--- TASK GOAL ---
Find and return every line of the data that contains the word "Unread".

--- DATA TO USE ---
[Start of section]
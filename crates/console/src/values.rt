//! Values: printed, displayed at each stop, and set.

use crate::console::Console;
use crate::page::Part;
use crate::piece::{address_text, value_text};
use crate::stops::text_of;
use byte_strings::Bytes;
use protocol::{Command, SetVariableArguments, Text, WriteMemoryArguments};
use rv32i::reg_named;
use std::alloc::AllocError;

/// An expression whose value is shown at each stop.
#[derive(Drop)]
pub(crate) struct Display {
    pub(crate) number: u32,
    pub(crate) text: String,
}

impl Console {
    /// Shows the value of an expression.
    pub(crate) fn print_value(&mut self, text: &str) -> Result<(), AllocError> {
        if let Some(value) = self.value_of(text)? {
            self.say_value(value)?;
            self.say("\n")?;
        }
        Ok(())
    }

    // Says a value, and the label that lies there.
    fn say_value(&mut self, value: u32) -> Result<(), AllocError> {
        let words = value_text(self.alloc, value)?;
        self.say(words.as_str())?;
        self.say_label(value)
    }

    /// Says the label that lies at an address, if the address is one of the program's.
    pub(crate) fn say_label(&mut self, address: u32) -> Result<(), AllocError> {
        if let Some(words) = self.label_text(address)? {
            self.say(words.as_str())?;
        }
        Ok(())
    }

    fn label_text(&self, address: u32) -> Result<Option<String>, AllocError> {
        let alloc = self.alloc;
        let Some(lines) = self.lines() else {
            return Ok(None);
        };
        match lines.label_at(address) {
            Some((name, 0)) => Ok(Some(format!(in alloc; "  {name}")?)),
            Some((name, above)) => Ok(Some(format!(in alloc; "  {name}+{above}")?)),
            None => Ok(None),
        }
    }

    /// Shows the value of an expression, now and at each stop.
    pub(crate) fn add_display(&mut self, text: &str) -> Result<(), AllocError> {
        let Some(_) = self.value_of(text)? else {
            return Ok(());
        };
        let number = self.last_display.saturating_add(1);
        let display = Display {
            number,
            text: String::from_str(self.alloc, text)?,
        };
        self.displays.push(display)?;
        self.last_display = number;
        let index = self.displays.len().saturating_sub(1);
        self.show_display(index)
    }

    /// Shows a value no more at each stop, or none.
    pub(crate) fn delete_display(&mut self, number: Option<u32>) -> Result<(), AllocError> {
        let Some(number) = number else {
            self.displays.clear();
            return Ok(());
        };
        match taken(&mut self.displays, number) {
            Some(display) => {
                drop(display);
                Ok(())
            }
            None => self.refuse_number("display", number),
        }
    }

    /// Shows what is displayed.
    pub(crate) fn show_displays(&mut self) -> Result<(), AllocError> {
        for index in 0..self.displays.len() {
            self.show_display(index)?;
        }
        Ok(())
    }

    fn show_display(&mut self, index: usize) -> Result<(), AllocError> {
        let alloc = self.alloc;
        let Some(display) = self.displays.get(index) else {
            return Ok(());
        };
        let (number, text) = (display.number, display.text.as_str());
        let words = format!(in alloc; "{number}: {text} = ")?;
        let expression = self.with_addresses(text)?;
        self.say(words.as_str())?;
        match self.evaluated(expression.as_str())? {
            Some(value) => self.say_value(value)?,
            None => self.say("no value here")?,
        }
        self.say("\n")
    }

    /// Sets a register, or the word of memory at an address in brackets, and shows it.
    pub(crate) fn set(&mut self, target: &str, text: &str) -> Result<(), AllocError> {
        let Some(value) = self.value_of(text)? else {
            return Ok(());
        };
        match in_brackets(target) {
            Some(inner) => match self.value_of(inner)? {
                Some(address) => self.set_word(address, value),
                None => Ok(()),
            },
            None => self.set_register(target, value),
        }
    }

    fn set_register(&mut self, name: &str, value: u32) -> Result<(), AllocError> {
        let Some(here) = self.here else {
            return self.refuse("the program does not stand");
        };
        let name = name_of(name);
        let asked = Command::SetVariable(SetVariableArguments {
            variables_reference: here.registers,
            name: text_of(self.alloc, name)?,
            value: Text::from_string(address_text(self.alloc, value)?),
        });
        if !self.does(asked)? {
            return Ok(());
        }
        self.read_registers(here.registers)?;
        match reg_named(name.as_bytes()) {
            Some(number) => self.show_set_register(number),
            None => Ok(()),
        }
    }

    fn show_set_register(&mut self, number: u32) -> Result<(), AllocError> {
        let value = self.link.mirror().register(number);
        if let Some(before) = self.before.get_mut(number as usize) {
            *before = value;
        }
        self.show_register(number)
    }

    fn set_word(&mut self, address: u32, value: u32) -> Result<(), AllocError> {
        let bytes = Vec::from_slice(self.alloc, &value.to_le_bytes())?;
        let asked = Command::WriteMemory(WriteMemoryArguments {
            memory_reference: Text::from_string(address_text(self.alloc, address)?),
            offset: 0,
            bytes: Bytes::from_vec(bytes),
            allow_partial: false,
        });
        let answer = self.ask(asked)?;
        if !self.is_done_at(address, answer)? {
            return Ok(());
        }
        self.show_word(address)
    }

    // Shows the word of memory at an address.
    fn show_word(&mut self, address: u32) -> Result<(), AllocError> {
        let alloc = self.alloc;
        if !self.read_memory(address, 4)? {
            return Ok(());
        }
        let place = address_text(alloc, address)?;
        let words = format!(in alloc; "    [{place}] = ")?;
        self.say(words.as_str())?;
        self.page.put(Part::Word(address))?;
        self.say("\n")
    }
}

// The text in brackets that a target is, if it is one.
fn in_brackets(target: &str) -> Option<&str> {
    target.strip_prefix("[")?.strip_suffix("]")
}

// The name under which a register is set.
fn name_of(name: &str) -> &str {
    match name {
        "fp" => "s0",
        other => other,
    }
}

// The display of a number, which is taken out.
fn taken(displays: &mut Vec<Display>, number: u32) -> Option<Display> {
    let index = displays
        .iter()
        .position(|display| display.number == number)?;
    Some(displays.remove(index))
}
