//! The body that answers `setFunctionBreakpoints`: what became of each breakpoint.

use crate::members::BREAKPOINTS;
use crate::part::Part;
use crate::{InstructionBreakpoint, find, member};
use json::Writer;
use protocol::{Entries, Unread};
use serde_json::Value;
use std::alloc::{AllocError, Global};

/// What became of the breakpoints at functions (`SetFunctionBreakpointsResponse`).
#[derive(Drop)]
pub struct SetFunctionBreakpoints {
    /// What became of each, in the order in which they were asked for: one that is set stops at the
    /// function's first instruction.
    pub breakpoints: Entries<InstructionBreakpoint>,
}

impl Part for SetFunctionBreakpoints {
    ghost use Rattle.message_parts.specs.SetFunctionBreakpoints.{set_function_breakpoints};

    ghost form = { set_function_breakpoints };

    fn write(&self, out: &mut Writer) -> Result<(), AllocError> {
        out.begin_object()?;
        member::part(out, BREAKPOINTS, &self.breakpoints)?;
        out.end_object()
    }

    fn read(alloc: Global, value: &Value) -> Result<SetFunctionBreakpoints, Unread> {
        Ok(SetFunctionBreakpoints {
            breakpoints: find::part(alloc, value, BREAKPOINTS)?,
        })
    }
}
[End of section]
--- COMPLETED TASK ---
use protocol::{Entries, Unread};
    fn read(alloc: Global, value: &Value) -> Result<SetFunctionBreakpoints, Unread> {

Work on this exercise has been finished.